§ Work request
Find each line below that includes "screen", then copy it.

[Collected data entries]
= = =

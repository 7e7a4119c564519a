//! Fragments in recordings: which recording has the packets of each, and where they lie in it.
use super::{Inputs, Printed, print_answer};
use mxf_catalogue::Catalogue;
use mxf_find::{Fragment, Ranking, Recording, find};
use mxf_hints::{Exit, RunFault};
use mxf_klv::OutOfMemory;
use mxf_lines::Searched;
use mxf_saving::Source;
use mxf_sources::{names_of, read_all_alone, read_alone};
use std::alloc::{AllocError, Global};

/// Prints in which recordings each fragment lies. The fragments are read first, each by itself, and then one recording
/// after the other. Nothing is printed before all are read.
pub fn print_found_in<'a>(rt: &HostRuntime, inputs: Inputs<'_, 'a>) -> Result<Exit, RunFault<'a>> {
    let Ok(names) = names_of(rt.alloc(), inputs.beside) else {
        return Err(RunFault::OutOfMemory);
    };
    let contents = read_all_alone(rt, inputs.telling.screen, inputs.sources)?;
    let searched = search(rt, inputs, &contents)?;
    print_answer(rt, Printed::Found(&searched, &names), inputs.form)
}

/// In which recordings the fragments with these contents lie. One recording after the other is read, and kept no longer
/// than the fragments are looked up in it.
fn search<'a>(
    rt: &HostRuntime,
    inputs: Inputs<'_, 'a>,
    contents: &[Catalogue],
) -> Result<Vec<Searched>, RunFault<'a>> {
    let Ok(fragments) = fragments_of(rt.alloc(), inputs.sources, contents) else {
        return Err(RunFault::OutOfMemory);
    };
    let Ok(mut searched) = nothing_searched(rt.alloc(), contents) else {
        return Err(RunFault::OutOfMemory);
    };
    for (at, source) in inputs.beside.iter().enumerate() {
        let content = read_alone(rt, inputs.telling.screen, source)?;
        if look_up(rt.alloc(), &fragments, &mut searched, at + 1, &content).is_err() {
            return Err(RunFault::OutOfMemory);
        }
    }
    Ok(searched)
}

/// The fragments with these contents. The places of a piece or a range are counted from its OFFSET.
fn fragments_of<'c>(
    alloc: Global,
    sources: &[Source<'_>],
    contents: &'c [Catalogue],
) -> Result<Vec<Fragment<'c>>, OutOfMemory> {
    let mut fragments = Vec::new(alloc);
    for (source, content) in sources.iter().zip(contents) {
        let offset = source.place().map_or(0, |(offset, _)| offset);
        fragments.push(Fragment::of(alloc, content, offset)?)?;
    }
    Ok(fragments)
}

/// That none of the fragments with these contents was looked up yet.
fn nothing_searched(alloc: Global, contents: &[Catalogue]) -> Result<Vec<Searched>, AllocError> {
    let searched = contents.iter().map(|content| Searched {
        notes: content.len(),
        ranking: Ranking::new(alloc),
    });
    searched.collect(alloc)
}

/// Looks the fragments up in the recording with a number and this content.
fn look_up(
    alloc: Global,
    fragments: &[Fragment<'_>],
    searched: &mut Vec<Searched>,
    number: usize,
    content: &Catalogue,
) -> Result<(), OutOfMemory> {
    let recording = Recording::of(alloc, content)?;
    for (one, fragment) in searched.iter_mut().zip(fragments) {
        if let Some(found) = find(alloc, fragment, &recording)? {
            one.ranking.add(number, found)?;
        }
    }
    Ok(())
}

= = =

§ Exercise result
    let contents = read_all_alone(rt, inputs.telling.screen, inputs.sources)?;
        let content = read_alone(rt, inputs.telling.screen, source)?;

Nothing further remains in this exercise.